Dans ce contexte, nous proposons un tour d’horizon, qui synthétise ces protections, en tentant de dégager leurs particularités essentielles, tout en mentionnant certaines des évolutions envisagées par le Conseil fédéral dans son avant-projet de décembre 2023.
Nous tenons compte de la législation en vigueur à la date du 1er septembre 2024.
3. Droit cantonal
Les législations cantonales contiennent aussi des protections.
Par exemple, les femmes salariées domiciliées depuis 9 mois au moins dans le canton de Vaud ont droit durant 98 jours aux prestations dont elles sont exclues par la LAPG, soit parce qu’elles n’en remplissent pas les conditions, soit parce qu’elles accueillent en vue de l’adoption, après autorisation, un enfant de moins de 12 ans, autre que celui du conjoint (art. 20 VD-LVLAFam).

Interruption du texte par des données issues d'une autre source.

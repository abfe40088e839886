//! The writer.
ghost use Rattle.std.specs.Prelude.{◌≡◌, ◌++◌, string_bytes, codes, IfOk, OnErr, OnOk};
ghost use Rattle.std.specs.List.{flat_map};
ghost use Rattle.std.specs.Fmt.InlineText.{inline_text};
ghost use Rattle.sf_wkt.specs.Grammar.{canonical, point_text as point_text_of, in_brackets, list_text};

use sf_geometry::{Geometry, Sequence};
use sf_grid::GridPoint;
use std::alloc::{AllocError, Global};
use std::fmt::{self, InlineText, Write};

/// At least the length of the canonical text of a point, whatever its coordinates: 9 bytes beside two
/// of them, of which each takes 11 at most.
const POINT_LEN: usize = 32;

/// The canonical text of a geometry: the keyword in capitals, a comma and a space between two items,
/// each point of a MultiPoint in brackets, and numbers with no sign for plus, leading zero or fraction.
///
/// # Errors
///
/// Where no memory was found for the text.
pub fn write(alloc: Global, geometry: &Geometry) -> Result<String, AllocError>
    ensures { IfOk result (λ text. string_bytes text ≡ canonical geometry.now) }
{
    let mut text = String::new(alloc);
    push_geometry(&mut text, geometry)?;
    Ok(text)
}

/// Puts the canonical text of a geometry behind a text.
///
/// # Errors
///
/// Where no memory was found for it. The text is then as it was.
pub fn append(alloc: Global, text: &mut String, geometry: &Geometry) -> Result<(), AllocError>
    ensures appended { OnOk result
        (string_bytes text.new ≡ string_bytes text.old ++ canonical geometry.now) }
    ensures unchanged { OnErr result (string_bytes text.new ≡ string_bytes text.old) }
{
    match geometry {
        // A point's text is made on the stack: a layer of points takes no memory for its pieces.
        Geometry::Point(point) => {
            let piece = whole_point_text(point).map_err(|_| AllocError)?;
            text.push_str(piece.as_str())
        }
        _ => {
            let piece = write(alloc, geometry)?;
            text.push_str(piece.as_str())
        }
    }
}

/// Puts x and y behind a text, with a space between them.
///
/// # Errors
///
/// Where no memory was found for them. The text is then as it was.
pub fn append_point(text: &mut String, point: &GridPoint) -> Result<(), AllocError>
    ensures appended { OnOk result
        (string_bytes text.new ≡ string_bytes text.old ++ point_text_of point.now) }
    ensures unchanged { OnErr result (string_bytes text.new ≡ string_bytes text.old) }
{
    let piece = point_text(point).map_err(|_| AllocError)?;
    text.push_str(piece.as_str())
}

/// The canonical text of a point, which has room: an Err never comes.
fn whole_point_text(point: &GridPoint) -> Result<InlineText<POINT_LEN>, fmt::Error>
    ensures { IfOk result (λ text. inline_text text ≡ canonical (Geometry.Point point.now)) }
{
    let x = point.x();
    let y = point.y();
    let mut text = InlineText::new();
    write!(text, "POINT ({x} {y})")?;
    Ok(text)
}

/// Puts the canonical text of a geometry behind a text. After an Err a front of it may stand there.
fn push_geometry(text: &mut String, geometry: &Geometry) -> Result<(), AllocError>
    ensures { OnOk result (string_bytes text.new ≡ string_bytes text.old ++ canonical geometry.now) }
{
    match geometry {
        Geometry::Point(point) => {
            text.push_str("POINT ")?;
            push_item(text, point)
        }
        Geometry::LineString(points) => {
            text.push_str("LINESTRING ")?;
            push_line(text, points.as_slice())
        }
        Geometry::Polygon(rings) => {
            text.push_str("POLYGON ")?;
            push_lists(text, rings.as_slice())
        }
        Geometry::MultiPoint(points) => {
            text.push_str("MULTIPOINT ")?;
            push_items(text, points.as_slice())
        }
        Geometry::MultiLineString(lines) => {
            text.push_str("MULTILINESTRING ")?;
            push_lists(text, lines.as_slice())
        }
        Geometry::MultiPolygon(polygons) => {
            text.push_str("MULTIPOLYGON ")?;
            push_polygons(text, polygons.as_slice())
        }
    }
}

/// The text of x and y, which has room: an Err never comes.
fn point_text(point: &GridPoint) -> Result<InlineText<POINT_LEN>, fmt::Error>
    ensures { IfOk result (λ text. inline_text text ≡ point_text_of point.now) }
{
    let x = point.x();
    let y = point.y();
    let mut text = InlineText::new();
    write!(text, "{x} {y}")?;
    Ok(text)
}

/// Puts x and y in brackets behind a text.
fn push_item(text: &mut String, point: &GridPoint) -> Result<(), AllocError>
    ensures { OnOk result (string_bytes text.new ≡ string_bytes text.old ++ in_brackets (point_text_of point.now)) }
{
    text.push_str("(")?;
    append_point(text, point)?;
    text.push_str(")")
}

/// Puts a line or a ring behind a text.
fn push_line(text: &mut String, points: &[GridPoint]) -> Result<(), AllocError>
    ensures { OnOk result (string_bytes text.new
        ≡ string_bytes text.old ++ list_text point_text_of points.now) }
{
    let Some((first, others)) = points.split_first() else {
        return text.push_str("()");
    };
    text.push_str("(")?;
    append_point(text, first)?;
    push_more_points(text, others)?;
    text.push_str(")")
}

/// Puts further points of a line behind a text.
fn push_more_points(text: &mut String, points: &[GridPoint]) -> Result<(), AllocError>
    ensures { OnOk result (string_bytes text.new
        ≡ string_bytes text.old ++ flat_map (λ p. codes ", " ++ point_text_of p) points.now) }
{
    for point in points {
        text.push_str(", ")?;
        append_point(text, point)?;
    }
    Ok(())
}

/// Puts the points of a MultiPoint behind a text.
fn push_items(text: &mut String, points: &[GridPoint]) -> Result<(), AllocError>
    ensures { OnOk result (string_bytes text.new
        ≡ string_bytes text.old ++ list_text (λ p. in_brackets (point_text_of p)) points.now) }
{
    let Some((first, others)) = points.split_first() else {
        return text.push_str("()");
    };
    text.push_str("(")?;
    push_item(text, first)?;
    push_more_items(text, others)?;
    text.push_str(")")
}

/// Puts further points of a MultiPoint behind a text.
fn push_more_items(text: &mut String, points: &[GridPoint]) -> Result<(), AllocError>
    ensures { OnOk result (string_bytes text.new
        ≡ string_bytes text.old ++ flat_map (λ p. codes ", " ++ in_brackets (point_text_of p)) points.now) }
{
    for point in points {
        text.push_str(", ")?;
        push_item(text, point)?;
    }
    Ok(())
}

/// Puts the rings of a polygon, or the lines of a MultiLineString, behind a text.
fn push_lists(text: &mut String, lists: &[Sequence<GridPoint>]) -> Result<(), AllocError>
    ensures { OnOk result (string_bytes text.new
        ≡ string_bytes text.old ++ list_text (list_text point_text_of) lists.now) }
{
    let Some((first, others)) = lists.split_first() else {
        return text.push_str("()");
    };
    text.push_str("(")?;
    push_line(text, first.as_slice())?;
    push_more_lists(text, others)?;
    text.push_str(")")
}

/// Puts further rings or lines behind a text.
fn push_more_lists(text: &mut String, lists: &[Sequence<GridPoint>]) -> Result<(), AllocError>
    ensures { OnOk result (string_bytes text.new
        ≡ string_bytes text.old ++ flat_map (λ ps. codes ", " ++ list_text point_text_of ps) lists.now) }
{
    for points in lists {
        text.push_str(", ")?;
        push_line(text, points.as_slice())?;
    }
    Ok(())
}

/// Puts the polygons of a MultiPolygon behind a text.
fn push_polygons(
    text: &mut String,
    polygons: &[Sequence<Sequence<GridPoint>>],
) -> Result<(), AllocError>
    ensures { OnOk result (string_bytes text.new
        ≡ string_bytes text.old ++ list_text (list_text (list_text point_text_of)) polygons.now) }
{
    let Some((first, others)) = polygons.split_first() else {
        return text.push_str("()");
    };
    text.push_str("(")?;
    push_lists(text, first.as_slice())?;
    push_more_polygons(text, others)?;
    text.push_str(")")
}

/// Puts further polygons of a MultiPolygon behind a text.
fn push_more_polygons(
    text: &mut String,
    polygons: &[Sequence<Sequence<GridPoint>>],
) -> Result<(), AllocError>
    ensures { OnOk result (string_bytes text.new
        ≡ string_bytes text.old ++ flat_map (λ rings. codes ", " ++ list_text (list_text point_text_of) rings) polygons.now) }
{
    for rings in polygons {
        text.push_str(", ")?;
        push_lists(text, rings.as_slice())?;
    }
    Ok(())
}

Le canton de Genève dispose d’une loi instituant une assurance en cas de maternité et d’adoption (GE-LAMat) ayant pour but de compléter les prestations prévues par la LAPG; elle prévoit notamment le paiement de l’allocation de maternité pour une durée de 16 semaines avec prolongation du droit de 12 semaines au plus en cas d’hospitalisation du nouveau-né (art. 5 GE-LAMat), avec un principe de subsidiarité par rapport aux allocations versées en application du droit fédéral (art. 6 GE-LAMat). En votation du 18 juin 2023, le peuple genevois a accepté l’initiative populaire prévoyant de compléter l’assurance-maternité cantonale existante par huit semaines en faveur de l’autre parent, financée à parts égales par les employeurs et les employés.
Toutefois, compte tenu de son avis selon lequel les cantons ne disposent pas de la compétence générale d’introduire un congé parental ou de paternité cantonal plus étendu que ce qui est prévu par le droit fédéral pour les travailleurs au bénéfice d’un contrat de travail de droit privé, le Conseil fédéral a considéré que la modification de la Constitution genevoise en relation avec l’assurance cantonale de parentalité (art. 205 al. 3 et 4 Cst. GE) n’est pas totalement compatible avec le droit fédéral. Dans son message du 22 mai 2024, il a mentionné son ouverture à l’amélioration des libertés cantonales à ce sujet, en précisant qu’il a mis une modification de la LAPG en consultation, en prévoyant la possibilité pour les cantons d’étendre le congé paternité et de le financer, par exemple, par un supplément cantonal aux cotisations APG.
4. Congé de maternité
Le congé de maternité est prévu par l’art. 329f CO, qui a la teneur suivante:
1. En cas de maternité, la travailleuse a droit, après l’accouchement, à un congé d’au moins 14 semaines.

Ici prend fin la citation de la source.